Steven: It’s so true. I thought this idea of practicing gratitude was kind of some light, fluffy, airy, fairy thing. And then, over the last, I'd say, three years, when I reflected on the moments when I'm just alone, and I get overwhelmed to the point where it's like, slightly emotional, usually, sometimes by music, or whatever it might be, I can genuinely make myself overwhelmed to almost the point of tears of gratitude.


Mo: Absolutely.


Steven: I did it last night. I was in my bedroom, and I was walking through and I posted on my Instagram. I think I posted; “Blessed, grateful, and enough”, just the three words, because I have that sometimes this overwhelming feeling of like, yeah.


Mo: I’m so lucky.


Steven: And you know, that is a choice. That was a choice to have those thoughts, to have those thoughts about like, enough, I have everything I need. And to be quite honest, way more. And to be fair, I always have, before the money, I've always been enough.


Mo: Totally.


Steven: You know, and it was society's attempt to convince me that I wasn't.


Mo: $4 t-shirts. How many of those can I buy? You think about it. And yet some of us waste an entire lifetime trying to get more Armani suits. Why?


Steven: Because of the matrix whenever they call it.


Mo: Absolutely. So you're smart. You're so smart to be able to make the money to buy the Armani suit. And yet you're still a sucker for the eyes of the people that are gonna think of you as more than you are because you're wearing it. Seriously I mean, if it pleases you, by the way, nothing wrong with being fashionable and beautiful, and taking care of yourself. Absolutely. But if you're doing it for the ego, what does that say about you? You're so freaking successful, and you're still, you know, expecting that people will value you more because you're wearing a suit? I don't know.


Steven: There's something you said as well on that exact point but also in your previous point about going on these dates and saying to the young person, or the you know, the lovely person you're on a date with; “Listen, this is a $4 t-shirt, and I'm gonna wear it a lot. So if you don't like…”

Mo: I wear 10 of them, it's not the same t-shirt.


Steven: Okay.


Mo: I have 10 of them at any point in time.
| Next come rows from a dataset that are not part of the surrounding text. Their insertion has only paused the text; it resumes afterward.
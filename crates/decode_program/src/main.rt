//! The program `decode`: lines of bytes from standard input, each with what its bytes say behind it, on standard output.
//!
//! It is `uas_decode`'s run over the standard streams, and no more; `uasdisk decode` is the same. The exit status is 1 where a line was
//! refused, 2 where a word is, 3 at a fault of reading or writing, 4 for want of memory, else 0.
#![tactic(auto)]

ghost use Rattle.std.specs.Prelude.{◌≡◌, ◌≤◌, ◌⊎◌, map, option_map, slice_get};
ghost use Rattle.std.specs.String.{string_bytes};
ghost use Rattle.decode_program.specs.Words.{asked_by, asked_of, is_word, own_word};

use byte_io::{Reader, Writer};
use decode_help::DECODE_HELP;
use line_colours::{Painted, takes_colours};
use std::io::{IsTerminal, Write};
use std::process::ExitCode;
use std::{env, io};
use uas_decode::{DONE, FAULT, NO_MEMORY, run_decode};

/// A word is refused.
const WORDS_REFUSED: u8 = 2;

/// What the words ask for.
#[derive(Clone, Copy, Debug, PartialEq, Eq)]
pub enum Asked {
    /// The run.
    Run,
    /// What a person wants to know of it.
    Help,
    /// Nothing that there is.
    Refused,
}

fn main(rt: HostRuntime) -> ExitCode {
    let words: io::Result<Vec<String>> = env::args(&rt).and_then(|words| Ok(words.collect(
        rt.alloc(),
    )?));
    let status = match words {
        Ok(words) => start(&rt, words.as_slice()),
        Err(error) if error.kind() == io::ErrorKind::OutOfMemory => NO_MEMORY,
        Err(_) => WORDS_REFUSED,
    };
    ExitCode::from(status)
}

/// Does what the words ask for, the program's own name first, and answers the exit status.
fn start(rt: &HostRuntime, words: &[String]) -> u8
    ensures run { asked_by (map string_bytes words.now) ≡ Asked.Run → (result ≤ 1) ⊎ ((result ≡ 3) ⊎ (result ≡ 4)) }
    ensures help { asked_by (map string_bytes words.now) ≡ Asked.Help → (result ≡ 0) ⊎ (result ≡ 3) }
    ensures refused { asked_by (map string_bytes words.now) ≡ Asked.Refused → result ≡ 2 }
{
    match asked_by(words) {
        Asked::Run => run(rt),
        Asked::Help => help(rt),
        Asked::Refused => {
            let _ = writeln!(
                rt.stderr(),
                "error: decode reads standard input and takes no words but --help"
            );
            WORDS_REFUSED
        }
    }
}

/// What the words ask for.
fn asked_by(words: &[String]) -> Asked
    ensures { result ≡ asked_by (map string_bytes words.now) }
{
    match own_word(words) {
        None => Asked::Run,
        Some(word) if word == "-h" || word == "--help" => Asked::Help,
        Some(_) => Asked::Refused,
    }
}

/// The first word behind the program's name, and behind `decode`.
fn own_word(words: &[String]) -> Option<&str>
    ensures { option_map (λ word. word.now) result ≡ own_word (map string_bytes words.now) }
{
    let first = word_at(words, 1)?;
    if first == "decode" {
        word_at(words, 2)
    } else {
        Some(first)
    }
}

fn word_at(words: &[String], place: usize) -> Option<&str>
    ensures { option_map (λ word. word.now) result ≡ slice_get (map string_bytes words.now) place }
{
    match words.get(place) {
        Some(word) => Some(word.as_str()),
        None => None,
    }
}

/// Decodes standard input to standard output, in colours on a terminal, and answers the exit status.
fn run(rt: &HostRuntime) -> u8
    ensures { (result ≤ 1) ⊎ ((result ≡ 3) ⊎ (result ≡ 4)) }
{
    // a standard output that is closed takes nothing
    let is_output_open = rt.stdout().write(b"").is_ok();
    let is_coloured = rt.stdout().is_terminal() && takes_colours(rt);
    let mut output = is_output_open.then(|| Painted::new(
        rt.alloc(),
        Writer(rt.stdout()),
        is_coloured,
    ));
    run_decode(
        rt.alloc(),
        &mut Reader(rt.reader()),
        &mut output,
        &mut rt.stderr(),
    )
}

/// Prints what a person wants to know.
fn help(rt: &HostRuntime) -> u8
    ensures { (result ≡ 0) ⊎ (result ≡ 3) }
{
    let mut output = rt.stdout();
    let written = writeln!(
        output,
        "Reads lines of bytes from standard input and tells what each says\n\nUsage: uasdisk decode [OPTIONS]\n\nOptions:\n      --color <WHEN>  Colours: always, auto (on a terminal alone, as without this option) or never\n      --json          Prints each line as a JSON object\n  -h, --help          Print help\n\n{DECODE_HELP}"
    );
    if written.is_ok() && output.flush().is_ok() {
        DONE
    } else {
        FAULT
    }
}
Don’t spoil my reputation here.


Steven: I was gonna say, well, it's very similar to the one you're wearing.


Mo: Three pairs of jeans, and then 10 black t-shirts.


Steven: You said that if she's not okay with that, then in fact, she's actually not the person for you.


Mo: Absolutely.


Steven: And actually trying to forge a relationship that is on that basis would probably lead you to a not so good place.


Mo: Absolutely.


Steven: Because your life would become a hamster wheel of valuing that.


Mo: Yeah.


Steven: So conditional love. You talk about this concept of conditional love. And I don't necessarily know what you mean, because I didn't get the full definition. But what is conditional love and what's the danger?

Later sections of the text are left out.